We will formalize diagnostic reasoning in the next lesson.
Exploratory vs Confirmatory Modeling
Exploratory models:
- Fast
- Transparent
- Used to clarify assumptions
- Not suitable for regulatory decisions
Confirmatory models:
- Carefully specified
- Hierarchical
- Robust to edge cases
- Designed for decision support
A common mistake in PMx is treating an exploratory model as if it were a final population model.
Strategies
- Start with plots before equations.
- Say the assumption in words before coding it.
- Fit the simplest defensible model first.
- Treat early models as learning tools — not deliverables.
Common Mistakes
- Fitting a model before looking at the data
- Treating modeling as curve fitting instead of assumptions
- Interpreting parameters without checking the model assumptions
- Trusting a naive pooled model as realistic
- Ignoring consistent differences between subjects
- Using exploratory models as final conclusions
- Jumping to complex models too early
- Assuming a good fit means a correct model
Practice Problems
- Restrict Theoph to early time points (Time < 2). What structural behavior dominates?
- Fit a pooled linear model on the original concentration scale.

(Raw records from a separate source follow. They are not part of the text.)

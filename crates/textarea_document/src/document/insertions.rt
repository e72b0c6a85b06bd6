//! Insertions at the cursor, or at the end of the atomic range that strictly contains it.
ghost use Rattle.std.specs.Prelude.{◌≡◌, ◌<◌, ◌≤◌, true, OnOk, OnErr, IsOk, IfOk, All, []};
ghost use Rattle.std.specs.Arc.{arc_value};
ghost use Rattle.textarea_document.specs.Prelude.{as_nanos, size_limit, text_of, IsPlace, size_of, IsInside, break_inserted, character_inserted, insertion_place, has_symbols, nothing_inserted, symbols_inserted};

use crate::document::Document;
use crate::document::edits::edit_of;
use std::alloc::AllocError;
use std::sync::Arc;
use std::time::Duration;
use textarea_data::range::AtomicCursorBias;
use textarea_history::edit::{Edit, EditKind};
use textarea_ranges::lookup::move_out;
use textarea_text::places::end_of;
use textarea_text::rows;

impl Document {
    /// Returns the insertion position: the cursor, or the end of the range strictly containing it.
    pub fn insertion_place(&self) -> (usize, usize)
        ensures value { result ≡ insertion_place self.now }
        ensures place { IsPlace self.now.text result }
        ensures small { (result.0 < size_limit) × (result.1 ≤ size_limit) }
        ensures outside { All (λ range. ¬ IsInside result range) self.now.ranges }
    {
        self.text_layout.places_are_small();
        let stored = self.ranges();
        move_out(stored, self.cursor(), AtomicCursorBias::Forward)
    }

    /// Moves the cursor to the insertion position, and drops the selection; nothing is recorded.
    pub fn insert_nothing(&mut self)
        ensures { self.new ≡ nothing_inserted self.old }
    {
        self.cursor = self.insertion_place();
        self.anchor = None;
    }

    /// Inserts the character at the insertion position, as typed or not, even if it is a line feed.
    pub fn insert_character(
        &mut self,
        c: char,
        typed: bool,
        now: Duration,
    ) -> Result<(), AllocError>
        ensures ok { OnOk result (self.new ≡ character_inserted self.old c typed (as_nanos now)) }
        ensures err { OnErr result (self.new ≡ self.old) }
    {
        let (row, column) = self.insertion_place();
        let edit = Edit::between(EditKind::InsertChar(c), (row, column), (row, column + 1));
        self.edit(edit, typed, now)
    }

    /// Breaks the line at the insertion position.
    pub fn insert_break(&mut self, now: Duration) -> Result<(), AllocError>
        ensures ok { OnOk result (self.new ≡ break_inserted self.old (as_nanos now)) }
        ensures err { OnErr result (self.new ≡ self.old) }
    {
        let (row, column) = self.insertion_place();
        let edit = Edit::between(EditKind::InsertNewline, (row, column), (row + 1, 0));
        self.edit(edit, false, now)
    }

    /// Inserts the fragment at the insertion position, with a line break between each two of its
    /// strings, and returns whether it has a symbol. Without one the cursor moves there and the
    /// selection is dropped. A fragment larger than any text is an out-of-memory error.
    pub fn insert(
        &mut self,
        fragment_lines: Arc<Vec<String>>,
        now: Duration,
    ) -> Result<bool, AllocError>
        ensures inserted { IfOk result
            (λ inserted. inserted ≡ has_symbols (text_of (arc_value fragment_lines).items)) }
        ensures ok { OnOk result
            (self.new ≡ symbols_inserted self.old (text_of (arc_value fragment_lines).items)
            (as_nanos now)) }
        ensures err { OnErr result (self.new ≡ self.old) }
        ensures nothing { text_of (arc_value fragment_lines).items ≡ [] → IsOk result }
        ensures limit { IfOk result
            (λ inserted. inserted ≡ true → size_of (arc_value fragment_lines).items ≤ size_limit) }
    {
        if !has_symbol(fragment_lines.as_slice()) {
            self.insert_nothing();
            return Ok(false);
        }
        rows::size_within_limit(fragment_lines.as_slice())?;
        let start = self.insertion_place();
        let end = end_of(start, fragment_lines.as_slice());
        let edit = edit_of(fragment_lines, true, start, end)?;
        self.edit(edit, false, now)?;
        Ok(true)
    }
}

/// Returns whether the fragment has a symbol: a break between two of its strings, or a character.
pub fn has_symbol(fragment_lines: &[String]) -> bool
    ensures { result ≡ has_symbols (text_of fragment_lines.now) }
{
    match fragment_lines {
        [] => false,
        [line] => !line.is_empty(),
        _ => true,
    }
}
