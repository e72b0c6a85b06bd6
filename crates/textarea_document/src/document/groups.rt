//! Groups of edits, which are undone and redone together, and wrap at once.
ghost use Rattle.std.specs.Prelude.{◌≡◌, ◌<◌, length, OnOk, OnErr, IfOk, is_some, true, false};
ghost use Rattle.textarea_document.specs.Prelude.{changes_taken, lines_numbered, text_and_layout, with_changes_after, wrapped_at_once, IsChangedFrom, after_redo, after_undo, group_begun, group_closed, group_ended, group_opened, is_grouped, is_open, newest, newest_group, next, next_group};

use crate::document::Document;
use crate::document::draft::Draft;
use std::alloc::AllocError;

impl Document {
    /// Returns whether a group of edits is open.
    pub fn has_open_group(&self) -> bool
        ensures { result ≡ is_open self.now.log.group }
    {
        self.history.has_open_group()
    }

    /// Begins a group, if none is open, and ends a run of typing. The edits until `end_group` are
    /// undone and redone together. An undo, a redo and new lines close the group too. A group
    /// without edits leaves none. If a group has more edits than are remembered, none of them is
    /// remembered, and no edit from before.
    pub fn begin_group(&mut self)
        ensures { self.new ≡ record self.old { log = group_begun self.old.log } }
    {
        self.history.begin_group();
    }

    /// Ends the open group, if one is open, and a run of typing.
    pub fn end_group(&mut self)
        ensures { self.new ≡ record self.old { log = group_ended self.old.log } }
    {
        self.history.end_group();
    }

    /// Opens a group, if none is open. Unlike at `begin_group`, a run of typing goes on.
    pub fn open_group(&mut self)
        ensures { self.new ≡ record self.old { log = group_opened self.old.log } }
    {
        self.history.open_group();
    }

    /// Closes the open group, if one is open. Unlike at `end_group`, a run of typing goes on.
    pub fn close_group(&mut self)
        ensures { self.new ≡ record self.old { log = group_closed self.old.log } }
    {
        self.history.close_group();
    }

    // Undoes the newest group, which has several edits.
    pub(super) fn undo_group(&mut self, count: usize) -> Result<bool, AllocError>
        requires count { count ≡ newest_group self.old.log }
        requires several { 1 < count }
        ensures undone { IfOk result (λ found. found ≡ is_some (newest self.old.log)) }
        ensures ok { OnOk result (self.new ≡ after_undo self.old) }
        ensures err { OnErr result (self.new ≡ self.old) }
    {
        self.is_sound();
        let mut draft = self.draft()?;
        draft.undo_edits(count)?;
        self.put(draft)?;
        Ok(true)
    }

    // Redoes the group that was undone last, which has several edits.
    pub(super) fn redo_group(&mut self, count: usize) -> Result<bool, AllocError>
        requires count { count ≡ next_group self.old.log }
        requires several { 1 < count }
        ensures redone { IfOk result (λ found. found ≡ is_some (next self.old.log)) }
        ensures ok { OnOk result (self.new ≡ after_redo self.old) }
        ensures err { OnErr result (self.new ≡ self.old) }
    {
        self.is_sound();
        let mut draft = self.draft()?;
        draft.redo_edits(count)?;
        self.put(draft)?;
        Ok(true)
    }

    // A copy in which edits can be undone and redone one by one, with an empty log of changes. Its
    // lines are numbered and not wrapped.
    fn draft(&self) -> Result<Draft, AllocError>
        ensures { IfOk result (λ draft. draft ≡ changes_taken (lines_numbered self.now)) }
    {
        let text_layout = self.text_layout.numbered()?;
        let ranges = self.ranges.clone()?;
        let history = self.history.clone()?;
        let changes = self.changes.emptied();
        let range_history = self.range_history.copied()?;
        Ok(Draft {
            text_layout,
            cursor: self.cursor,
            anchor: self.anchor,
            ranges,
            history,
            changes,
            range_history,
        })
    }

    // Replaces the document by the draft, in which no group is undone partly, and wraps each line that
    // an edit of the draft touched. The changes in the log stay before those of the draft.
    fn put(&mut self, draft: Draft) -> Result<(), AllocError>
        requires whole { is_grouped draft.log.marks (length draft.log.done) ≡ false }
        requires changed { IsChangedFrom (text_and_layout self.old) (text_and_layout draft) }
        ensures ok { OnOk result
            (self.new ≡ with_changes_after self.old.changes (wrapped_at_once self.old draft)) }
        ensures err { OnErr result (self.new ≡ self.old) }
    {
        let Draft {
            text_layout,
            cursor,
            anchor,
            ranges,
            history,
            changes,
            range_history,
        } = draft;
        let wrapped = self.text_layout.wrapped_once(text_layout)?;
        self.changes.append(changes)?;
        self.text_layout = wrapped;
        self.cursor = cursor;
        self.anchor = anchor;
        self.ranges = ranges;
        self.history = history;
        self.range_history = range_history;
        Ok(())
    }
}
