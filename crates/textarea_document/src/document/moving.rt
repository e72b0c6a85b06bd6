//! Lines that change places with the line above or below them, in one group.
ghost use Rattle.std.specs.Prelude.{◌≡◌, ◌∷◌, [], false, option_map, IfOk, IsOk, OnErr, OnOk};
ghost use Rattle.std.specs.Arc.{arc_value};
ghost use Rattle.textarea_document.specs.Prelude.{as_nanos, chars, joined, lines, text_of, IsPlace};
ghost use Rattle.textarea_document.specs.Moving.{has_line_above, has_line_below, lines_moved_down, lines_moved_up, relocated, row_down, row_up, with_lines_down, with_lines_up};
ghost use Rattle.textarea_document.specs.Selection.{first_selected_row, last_selected_row};

use crate::document::Document;
use std::alloc::{AllocError, Global};
use std::sync::Arc;
use std::time::Duration;
use textarea_text::places::{clip, last_row, line_end, line_length, line_of};

impl Document {
    /// Moves the selection's lines, or the cursor's line without one, up by one row, so that the
    /// line above is below them, and returns whether there was one; without one nothing changes.
    /// The selection's lines are those of `duplicate_lines`. It is one group of edits, which ends
    /// unless a group was open. Cursor and anchor move with the text, as do the atomic ranges of
    /// the lines; those of the line that they pass are removed. A run of typing ends.
    pub fn move_lines_up(&mut self, now: Duration) -> Result<bool, AllocError>
        ensures moved { IfOk result (λ moved. moved ≡ has_line_above self.old) }
        ensures ok { OnOk result (self.new ≡ lines_moved_up self.old (as_nanos now)) }
        ensures err { OnErr result (self.new ≡ self.old) }
        ensures nothing { has_line_above self.old ≡ false → IsOk result }
        ensures lines { OnOk result (lines self.new.text ≡ with_lines_up (lines self.old.text)
            (first_selected_row self.old) (last_selected_row self.old)) }
    {
        self.is_sound();
        let (first, last) = self.selected_rows();
        if first == 0 {
            return Ok(false);
        }
        let lines = self.lines();
        let fragment_lines = two_lines(self.allocator(), "", line_of(lines, first - 1))?;
        let place = (last - 1, line_length(lines, last));
        let cursor = row_up(self.cursor());
        let anchor = self.anchor_up();
        let copy = self.relocated((first - 1, 0), (first, 0), place, fragment_lines, now)?;
        self.replace_with(copy);
        self.move_near(cursor, anchor);
        Ok(true)
    }

    /// Moves the selection's lines, or the cursor's line without one, down by one row, so that the
    /// line below is above them, and returns whether there was one. A selection that ends at column
    /// 0 of the text's last line then ends at the end of the last of its lines. All else is as for
    /// `move_lines_up`.
    pub fn move_lines_down(&mut self, now: Duration) -> Result<bool, AllocError>
        ensures moved { IfOk result (λ moved. moved ≡ has_line_below self.old) }
        ensures ok { OnOk result (self.new ≡ lines_moved_down self.old (as_nanos now)) }
        ensures err { OnErr result (self.new ≡ self.old) }
        ensures nothing { has_line_below self.old ≡ false → IsOk result }
        ensures lines { OnOk result (lines self.new.text ≡ with_lines_down (lines self.old.text)
            (first_selected_row self.old) (last_selected_row self.old)) }
    {
        self.is_sound();
        let (first, last) = self.selected_rows();
        let lines = self.lines();
        if lines.len() <= last + 1 {
            return Ok(false);
        }
        let fragment_lines = two_lines(self.allocator(), line_of(lines, last + 1), "")?;
        let start = line_end(lines, last);
        let stop = line_end(lines, last + 1);
        let cursor = self.row_down(self.cursor());
        let anchor = self.anchor_down();
        let copy = self.relocated(start, stop, (first, 0), fragment_lines, now)?;
        self.replace_with(copy);
        self.move_near(cursor, anchor);
        Ok(true)
    }

    // Returns a copy of the document in which the text between two positions is removed, and then
    // the fragment is inserted at the position nearest to another one. Both are one group of edits,
    // which ends unless a group was open before.
    #[tactic(auto, unfolding(crate::specs::Moving::relocated))]
    fn relocated(
        &self,
        start: (usize, usize),
        stop: (usize, usize),
        place: (usize, usize),
        fragment_lines: Arc<Vec<String>>,
        now: Duration,
    ) -> Result<Document, AllocError>
        requires start { IsPlace self.now.text start }
        requires stop { IsPlace self.now.text stop }
        ensures { IfOk result (λ copy. copy ≡ relocated self.now start stop place
            (text_of (arc_value fragment_lines).items) (as_nanos now)) }
    {
        let mut copy = self.copied()?;
        copy.begin_group();
        copy.remove_stretch(start, stop, now)?;
        let there = clip(copy.lines(), place);
        copy.replace_stretch(there, there, fragment_lines, now)?;
        Ok(self.end_group_of(copy))
    }

    // Returns where the selection began, one row further up.
    fn anchor_up(&self) -> Option<(usize, usize)>
        ensures { result ≡ option_map row_up self.now.anchor }
    {
        Some(row_up(self.anchor()?))
    }

    // Returns where the selection began, one row further down.
    fn anchor_down(&self) -> Option<(usize, usize)>
        ensures { result ≡ option_map (row_down (lines self.now.text)) self.now.anchor }
    {
        let anchor = self.anchor()?;
        Some(self.row_down(anchor))
    }

    // Returns the position one row further down, which is at or past the end of the line above where
    // the position is in the text's last line.
    fn row_down(&self, place: (usize, usize)) -> (usize, usize)
        requires { IsPlace self.now.text place }
        ensures { result ≡ row_down (lines self.now.text) place }
    {
        self.text_layout.places_are_small();
        let lines = self.lines();
        let (row, column) = place;
        if row == last_row(lines) {
            return (row + 1, line_length(lines, row.saturating_sub(1)));
        }
        (row + 1, column)
    }
}

fn row_up(place: (usize, usize)) -> (usize, usize)
    ensures { result ≡ row_up place }
{
    (place.0.saturating_sub(1), place.1)
}

// Returns a fragment of these two lines.
fn two_lines(alloc: Global, first: &str, second: &str) -> Result<Arc<Vec<String>>, AllocError>
    ensures { IfOk result (λ fragment_lines. text_of (arc_value fragment_lines).items
        ≡ joined (chars first.now ∷ chars second.now ∷ [])) }
{
    let mut fragment_lines = Vec::new(alloc);
    fragment_lines.push(String::from_str(alloc, first)?)?;
    fragment_lines.push(String::from_str(alloc, second)?)?;
    Ok(Arc::new(alloc, fragment_lines)?)
}
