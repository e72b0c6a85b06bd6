//! Atomic ranges: spans of characters in a line that are edited as a whole.
ghost use Rattle.std.specs.Prelude.{◌≡◌, ◌<◌, IfOk, IfSome, IsOk, MatchResult, None, OnErr, OnOk, false, is_some};
ghost use Rattle.textarea_document.specs.Prelude.{as_nanos, lines, IsPlace, index_of, range_around, range_start, range_end, AreApart, AreInOrder, AreRejected, AreValid, Backward, Forward, range_at_cursor, is_at_end, is_at_start, accepted, anchor_out, anchored, with_ranges, normalized, unless_empty, range_removed, ranges_forgotten};

use crate::document::Document;
use std::alloc::AllocError;
use std::time::Duration;
use textarea_data::range::{
    AtomicCursorBias, AtomicDeleteDirection, AtomicRange, AtomicRangeError,
};
use textarea_ranges::lookup;
use textarea_ranges::validate::validate;
use textarea_text::places::clip;

impl Document {
    /// Returns the atomic ranges, sorted by row and start: each has at least one character, within
    /// one line, and no two share one.
    pub fn ranges(&self) -> &[AtomicRange]
        ensures value { result.now ≡ self.now.ranges }
        ensures valid { AreValid (lines self.now.text) result.now }
        ensures in_order { AreInOrder result.now }
        ensures apart { AreApart result.now }
    {
        self.ranges.as_slice()
    }

    /// Replaces the atomic ranges if they are valid for the text; otherwise returns the rejected
    /// ones, and changes nothing. A cursor strictly inside a range moves to its end, a selection's
    /// beginning to its start, and a selection that is empty after that is dropped. No ranges are
    /// remembered from before.
    pub fn try_set_ranges(
        &mut self,
        ranges: Vec<AtomicRange>,
    ) -> Result<Result<(), AtomicRangeError>, AllocError>
        ensures judged { IfOk result (λ outcome. MatchResult outcome
            (λ _. AreValid (lines self.old.text) ranges.items)
            (λ error. AreRejected (lines self.old.text) ranges.items error.rejected.items)) }
        ensures set { IfOk result (λ outcome.
            OnOk outcome (self.new ≡ accepted self.old ranges.items)) }
        ensures unchanged_if_rejected { IfOk result (λ outcome. OnErr outcome (self.new ≡ self.old)) }
        ensures err { OnErr result (self.new ≡ self.old) }
    {
        match validate(self.allocator(), ranges, self.lines())? {
            Ok(stored) => {
                self.store_ranges(stored);
                Ok(Ok(()))
            }
            Err(error) => Ok(Err(error)),
        }
    }

    // Replaces the atomic ranges by these, which are sorted.
    fn store_ranges(&mut self, ranges: Vec<AtomicRange>)
        requires valid { AreValid (lines self.old.text) ranges.items }
        requires in_order { AreInOrder ranges.items }
        ensures { self.new ≡ with_ranges self.old ranges.items }
    {
        let stored = ranges.as_slice();
        let cursor = lookup::move_out(stored, self.cursor, AtomicCursorBias::Forward);
        let anchor = anchor_out(stored, self.anchor);
        self.cursor = cursor;
        self.anchor = unless_empty(anchor, cursor);
        self.ranges = ranges;
        self.range_history.forget();
    }

    /// Drops all atomic ranges, and those that are remembered; all else stays.
    pub fn clear_ranges(&mut self)
        ensures { self.new ≡ ranges_forgotten self.old }
    {
        self.ranges.clear();
        self.range_history.forget();
    }

    /// Moves a cursor strictly inside an atomic range to its start for Backward, to its end for
    /// Forward, and returns whether it was inside one. The selection and a run of typing stay.
    pub fn normalize_cursor(&mut self, bias: AtomicCursorBias) -> bool
        ensures moved { result ≡ is_some (range_around self.old.ranges self.old.cursor) }
        ensures new { self.new ≡ normalized self.old bias }
    {
        let found = lookup::range_around(self.ranges(), self.cursor).is_some();
        self.cursor = lookup::move_out(self.ranges(), self.cursor, bias);
        found
    }

    /// Returns the atomic range at the cursor in this direction. Its two ends are positions of the
    /// text, the first one first; backward it starts before the cursor, forward it ends after it.
    pub fn range_at_cursor(&self, direction: AtomicDeleteDirection) -> Option<AtomicRange>
        ensures value { result ≡ range_at_cursor self.now direction }
        ensures start { IfSome result (λ range. IsPlace self.now.text (range_start range)) }
        ensures end { IfSome result (λ range. IsPlace self.now.text (range_end range)) }
        ensures ordered { IfSome result (λ range.
            index_of self.now.text (range_start range) < index_of self.now.text (range_end range)) }
        ensures before { direction ≡ Backward → IfSome result (λ _. is_at_start self.now ≡ false) }
        ensures after { direction ≡ Forward → IfSome result (λ _. is_at_end self.now ≡ false) }
    {
        let stored = self.ranges();
        lookup::range_at_place(stored, self.cursor(), direction)
    }

    /// Removes the atomic range at the cursor in this direction, and returns it. The selection
    /// stays open; if its beginning is past the end of its shorter line then, it moves to that end.
    /// Without such a range returns `None`, and nothing changes.
    pub fn remove_range_at_cursor(
        &mut self,
        direction: AtomicDeleteDirection,
        now: Duration,
    ) -> Result<Option<AtomicRange>, AllocError>
        ensures removed { IfOk result (λ range. range ≡ range_at_cursor self.old direction) }
        ensures ok { OnOk result (self.new
            ≡ range_removed (range_at_cursor self.old direction) self.old (as_nanos now)) }
        ensures err { OnErr result (self.new ≡ self.old) }
        ensures nothing { range_at_cursor self.old direction ≡ None → IsOk result }
    {
        let anchor = self.anchor();
        let Some(range) = self.remove_cursor_range(direction, now)? else {
            return Ok(None);
        };
        self.set_clipped_anchor(anchor);
        Ok(Some(range))
    }

    /// Sets the selection's beginning to the nearest position of the text.
    pub fn set_clipped_anchor(&mut self, anchor: Option<(usize, usize)>)
        ensures { self.new ≡ anchored self.old anchor }
    {
        self.anchor = anchor.map(|place| clip(self.lines(), place));
    }
}

// Returns the selection's beginning; if it is strictly inside a range, that range's start.
fn anchor_out(ranges: &[AtomicRange], anchor: Option<(usize, usize)>) -> Option<(usize, usize)>
    requires { AreApart ranges.now }
    ensures { result ≡ anchor_out ranges.now anchor }
{
    Some(lookup::move_out(ranges, anchor?, AtomicCursorBias::Backward))
}

// Returns the selection's beginning, or `None` if it is the cursor.
fn unless_empty(anchor: Option<(usize, usize)>, cursor: (usize, usize)) -> Option<(usize, usize)>
    ensures { result ≡ unless_empty anchor cursor }
{
    match anchor {
        Some(place) if place.0 == cursor.0 && place.1 == cursor.1 => None,
        other => other,
    }
}
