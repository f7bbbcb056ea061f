//! Expressions that take up all tokens, or all up to a word.
ghost use Rattle.std.specs.Prelude.{◌≡◌, ◌∷◌, List, ℕ, IfOk, MatchOption};
ghost use Rattle.vb_tree.specs.declared.token.Token.{Token};
ghost use Rattle.vb_tree.specs.Tree.{Exp};
ghost use Rattle.vb_tree.specs.View.{exp_of};
ghost use Rattle.vb_tree.specs.Expressions.{IsExpression, depth_of};
ghost use Rattle.form_parts.specs.Answer.{Answers};
ghost use Rattle.form_parts.specs.Chains.{IsTarget, IsCallee};
ghost use Rattle.form_parts.specs.Parts.{IsJoined, IsJoint};

use crate::answer::{Part, PartFail};
use crate::chains::{is_callee, is_target};
use crate::words::is_key;
use std::alloc::Global;
use up_base::Mem;
use vb_exprs::{ExprFail, front_expression, front_length};
use vb_tree::{Expr6, Token};

/// The expression that all of the tokens are.
pub fn expression(alloc: Global, tokens: &[Token]) -> Result<Expr6, PartFail>
    ensures { Answers exp_of (IsExpression tokens.now) depth_of result }
{
    let Some(len) = front_length(alloc, tokens)? else {
        return Err(PartFail::NotFound);
    };
    if len != tokens.len() {
        return Err(PartFail::NotFound);
    }
    match front_expression(alloc, tokens) {
        Ok((expression, _)) => Ok(expression),
        Err(ExprFail::NotExpr) => Err(PartFail::NotFound),
        Err(ExprFail::TooDeep) => Err(PartFail::TooDeep),
        Err(ExprFail::Mem) => Err(PartFail::Mem),
    }
}

impl Part for Expr6 {
    ghost use Rattle.vb_tree.specs.Tree.{Exp};
    ghost use Rattle.vb_tree.specs.View.{exp_of};
    ghost use Rattle.vb_tree.specs.Expressions.{IsExpression, depth_of};

    ghost Plain = { Exp };

    ghost view = { exp_of };

    ghost Is = { IsExpression };

    ghost depth = { depth_of };

    fn read(alloc: Global, tokens: &[Token]) -> Result<Expr6, PartFail> {
        expression(alloc, tokens)
    }
}

/// What stands before and behind the word, given in small letters, that an expression at the front ends at.
pub fn before_word<'a>(
    alloc: Global,
    tokens: &'a [Token],
    word: &[u8],
) -> Result<Option<(&'a [Token], &'a [Token])>, Mem>
    requires { IsJoint word.now }
    ensures { IfOk result (λ found. MatchOption found
        ((before after : List Token) → IsJoined word.now tokens.now before after → ⊥)
        (λ f. IsJoined word.now tokens.now f.0.now f.1.now)) }
{
    let Some(len) = front_length(alloc, tokens)? else {
        return Ok(None);
    };
    let (before, rest) = tokens.split_at(len);
    let [joint, after @ ..] = rest else {
        return Ok(None);
    };
    if !is_key(joint, word) {
        return Ok(None);
    }
    Ok(Some((before, after)))
}

/// The target that all of the tokens are: a word, Me, `.n` or `!n`, and then members and argument lists.
#[tactic(auto, using(crate::proofs::Targets::target_answers))]
pub fn target(alloc: Global, tokens: &[Token]) -> Result<Expr6, PartFail>
    ensures { Answers exp_of (IsTarget tokens.now) depth_of result }
{
    if !is_target(tokens) {
        return Err(PartFail::NotFound);
    }
    expression(alloc, tokens)
}

/// The target without an argument list at its end that all of the tokens are.
#[tactic(auto, using(crate::proofs::Targets::callee_answers))]
pub fn callee(alloc: Global, tokens: &[Token]) -> Result<Expr6, PartFail>
    ensures { Answers exp_of (IsCallee tokens.now) depth_of result }
{
    if !is_callee(tokens) {
        return Err(PartFail::NotFound);
    }
    expression(alloc, tokens)
}
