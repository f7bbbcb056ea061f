//! Cuts at signs that stand outside of parentheses.
ghost use Rattle.std.specs.Prelude.{◌≡◌, ◌+◌, ◌-◌, ◌≤◌, ◌<◌, ◌^◌};
ghost use Rattle.form_parts.specs.Cuts.{is_separator, open_after, parts_here, parted};
ghost use Rattle.form_parts.specs.Now.{both_now};

use vb_tree::{Sign, Token, TokenKind};

/// A sign that stands between parts.
#[derive(Clone, Copy)]
pub enum Separator {
    Comma,
    Semicolon,
    Equal,
    /// `)`
    Closing,
}

fn is_separator(separator: Separator, token: &Token) -> bool
    ensures { result ≡ is_separator separator token.now.kind }
{
    let TokenKind::Sign(sign) = &token.kind else {
        return false;
    };
    match separator {
        Separator::Comma => matches!(sign, Sign::Comma),
        Separator::Semicolon => matches!(sign, Sign::Semicolon),
        Separator::Equal => matches!(sign, Sign::Equal),
        Separator::Closing => matches!(sign, Sign::CloseParen),
    }
}

// How many parentheses are unclosed behind a token.
fn open_after(unclosed: usize, token: &Token) -> usize
    requires { unclosed < 2 ^ 64 - 1 }
    ensures is { result ≡ open_after unclosed token.now.kind }
    ensures most { result ≤ unclosed + 1 }
{
    match &token.kind {
        TokenKind::Sign(Sign::OpenParen) => unclosed + 1,
        TokenKind::Sign(Sign::CloseParen) => unclosed.saturating_sub(1),
        _ => unclosed,
    }
}

fn parts_here(separator: Separator, unclosed: usize, token: &Token) -> bool
    ensures { result ≡ parts_here separator unclosed token.now.kind }
{
    unclosed == 0 && is_separator(separator, token)
}

/// What stands before and behind the first such sign outside of parentheses.
pub fn parted(separator: Separator, tokens: &[Token]) -> Option<(&[Token], &[Token])>
    ensures { both_now result ≡ parted separator tokens.now }
{
    let mut unclosed = 0;
    for (at, token) in tokens.iter().enumerate() {
        if parts_here(separator, unclosed, token) {
            return Some((&tokens[..at], &tokens[at + 1..]));
        }
        unclosed = open_after(unclosed, token);
    }
    None
}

- Identify one structural assumption the pooled model clearly violates.
Problem 1
Theoph %>%
filter(Time < 2) %>%
ggplot(aes(Time, conc, group = Subject)) +
geom_line(alpha = 0.4) +
geom_point()
Early time points reflect absorption dynamics rather than simple elimination.
Problem 2
lm_linear <- lm(conc ~ Time, data = terminal_data)
summary(lm_linear)
Call:
lm(formula = conc ~ Time, data = terminal_data)
Residuals:
Min 1Q Median 3Q Max
-1.7364 -0.8468 -0.1718 0.7396 2.9051
Coefficients:
Estimate Std. Error t value Pr(>|t|)
(Intercept) 7.61771 0.30335 25.11 <2e-16 ***
Time -0.26591 0.02277 -11.68 <2e-16 ***
---
Signif. codes: 0 '***' 0.001 '**' 0.01 '*' 0.05 '.' 0.1 ' ' 1
Residual standard error: 1.194 on 58 degrees of freedom
Multiple R-squared: 0.7017, Adjusted R-squared: 0.6965
F-statistic: 136.4 on 1 and 58 DF, p-value: < 2.2e-16
The linear-scale model typically misrepresents exponential decay.
Problem 3
Pooling assumes identical elimination rates across subjects and ignores hierarchical variability.
Summary
- Modeling starts with questions.
- Every model encodes assumptions.
- Naive pooling ignores hierarchy.
- Exploratory models clarify thinking but are not final answers.
- Say the assumption before fitting the model.
- If you ignore hierarchy, say so explicitly.
- A fitted model is only the beginning of the conversation.